▶ Assignment
For the string "else", find every matching line in the records and copy it.

▶ Dataset records
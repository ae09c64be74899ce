// Sources that give all their bytes, and sources that fail.
use call_lines::{Call, Stop, number_in, numbers_in, text_in};
use mesh_edge::{CleanSource, MemorySource, ReadError, Source, StdSource, read_all};
use serde_json::Value;
use std::alloc::Global;
use std::io;
use std::io::{ErrorKind, Read};

/// The most bytes that are read where a call doesn't say it.
const LIMIT: u64 = 100_000;

// A reader of std that fails.
#[derive(Drop)]
struct Broken;

impl Read for Broken {
    fn read(&mut self, _buf: &mut [u8]) -> io::Result<usize> {
        Err(io::Error::from(ErrorKind::BrokenPipe))
    }
}

/// `read_all` from a source of so many bytes: in memory, one that never fails, one of std, or a broken one of std.
pub fn answer(alloc: Global, call: &Call) -> Result<String, Stop> {
    let v = call.value(0)?;
    let bytes = vec![in alloc; 7; number_in(v, "bytes", 0)? as usize]?;
    match text_in(v, "source")? {
        "memory" => of_memory(alloc, bytes, v),
        "clean" => shown(alloc, &mut CleanSource::new(bytes), v),
        "std" => shown(alloc, &mut StdSource::new(bytes.as_slice()), v),
        "broken" => shown(alloc, &mut StdSource::new(Broken), v),
        _ => Err(Stop::Arguments),
    }
}

fn of_memory(alloc: Global, bytes: Vec<u8>, v: &Value) -> Result<String, Stop> {
    let at_most = number_in(v, "at_most", 65_536)?.max(1);
    let failing = numbers_in(alloc, v, "failing")?;
    let mut source = MemorySource::new(bytes, failing, at_most as usize);
    let read = shown(alloc, &mut source, v)?;
    Ok(format!(in alloc; "{read}, {} left", source.left().len())?)
}

fn shown<S: Source>(alloc: Global, source: &mut S, v: &Value) -> Result<String, Stop> {
    let Ok(limit) = u32::try_from(number_in(v, "limit", LIMIT)?) else {
        return Err(Stop::Arguments);
    };
    match read_all(alloc, source, limit as usize) {
        Ok(bytes) => Ok(format!(in alloc; "{} bytes", bytes.len())?),
        Err(ReadError::Fault) => Ok(format!(in alloc; "Fault")?),
        Err(ReadError::TooLong) => Ok(format!(in alloc; "TooLong")?),
        Err(ReadError::Memory) => Err(Stop::Memory),
    }
}
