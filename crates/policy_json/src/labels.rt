// Labels, and the selector of a policy, which asks for some.
ghost use Rattle.std.specs.Prelude.{IfOk};
ghost use Rattle.serde_json.specs.View.{view};
ghost use Rattle.mesh_doc.specs.Faults.{Reads};
ghost use Rattle.mesh_policy.specs.AcceptedLists.{AcceptedLabels};
ghost use Rattle.policy_json.specs.Labels.{label_faults, label_in, labels_faults, labels_in, selector_faults, selector_in};

use mesh_doc::{AnyText, DocError, Entry, Form, Place, Spot, members, optional};
use mesh_policy::Label;
use mesh_text::{List, Text};
use serde_json::Value;
use std::alloc::Global;

pub(crate) const SELECTOR: &str = "selector";

const MATCH_LABELS: &str = "matchLabels";

struct LabelEntry;

impl Entry for LabelEntry {
    type Out = Label;

    ghost faults = { label_faults };

    ghost value = { label_in };

    #[tactic(auto, unfolding(crate::specs::Labels::label_faults, crate::specs::Labels::label_in))]
    fn read(alloc: Global, key: &str, v: &Value, at: &Spot) -> Result<Label, DocError> {
        let value = AnyText::read(alloc, v, at)?;
        Ok(Label {
            key: Text::of(alloc, key)?,
            value,
        })
    }
}

/// The labels that an object of texts gives (Kubernetes, "Labels and Selectors"), in byte order of their keys, each
/// key once. WrongType at `place` where `v` is no object, and else WrongType at the first key whose value is no text;
/// a `null` is none.
pub fn read_labels(alloc: Global, v: &Value, place: &Place) -> Result<List<Label>, DocError>
    ensures reads { Reads result (labels_faults (view v.now) place.now) (labels_in (view v.now)) }
    ensures accepted { IfOk result AcceptedLabels }
{
    Labels::read(alloc, v, &Spot::of(place))
}

/// The form of `read_labels`.
pub struct Labels;

impl Form for Labels {
    type Out = List<Label>;

    ghost faults = { labels_faults };

    ghost value = { labels_in };

    #[tactic(auto, unfolding(crate::specs::Labels::labels_faults, crate::specs::Labels::labels_in))]
    fn read(alloc: Global, v: &Value, at: &Spot) -> Result<List<Label>, DocError> {
        members::<LabelEntry>(alloc, v, at)
    }
}

/// The selector of a policy (Istio reference, WorkloadSelector): the labels that a Pod has to have.
pub(crate) struct Selector;

impl Form for Selector {
    type Out = List<Label>;

    ghost faults = { selector_faults };

    ghost value = { selector_in };

    #[tactic(auto, unfolding(crate::specs::Labels::selector_faults, crate::specs::Labels::selector_in))]
    fn read(alloc: Global, v: &Value, at: &Spot) -> Result<List<Label>, DocError> {
        at.only_fields(alloc, v, &[MATCH_LABELS])?;
        let labels = optional::<Labels>(alloc, v, MATCH_LABELS, at)?;
        Ok(labels.unwrap_or(List::new(alloc)))
    }
}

▶ Exercise response
    let Ok(limit) = u32::try_from(number_in(v, "limit", LIMIT)?) else {
/// key once. WrongType at `place` where `v` is no object, and else WrongType at the first key whose value is no text;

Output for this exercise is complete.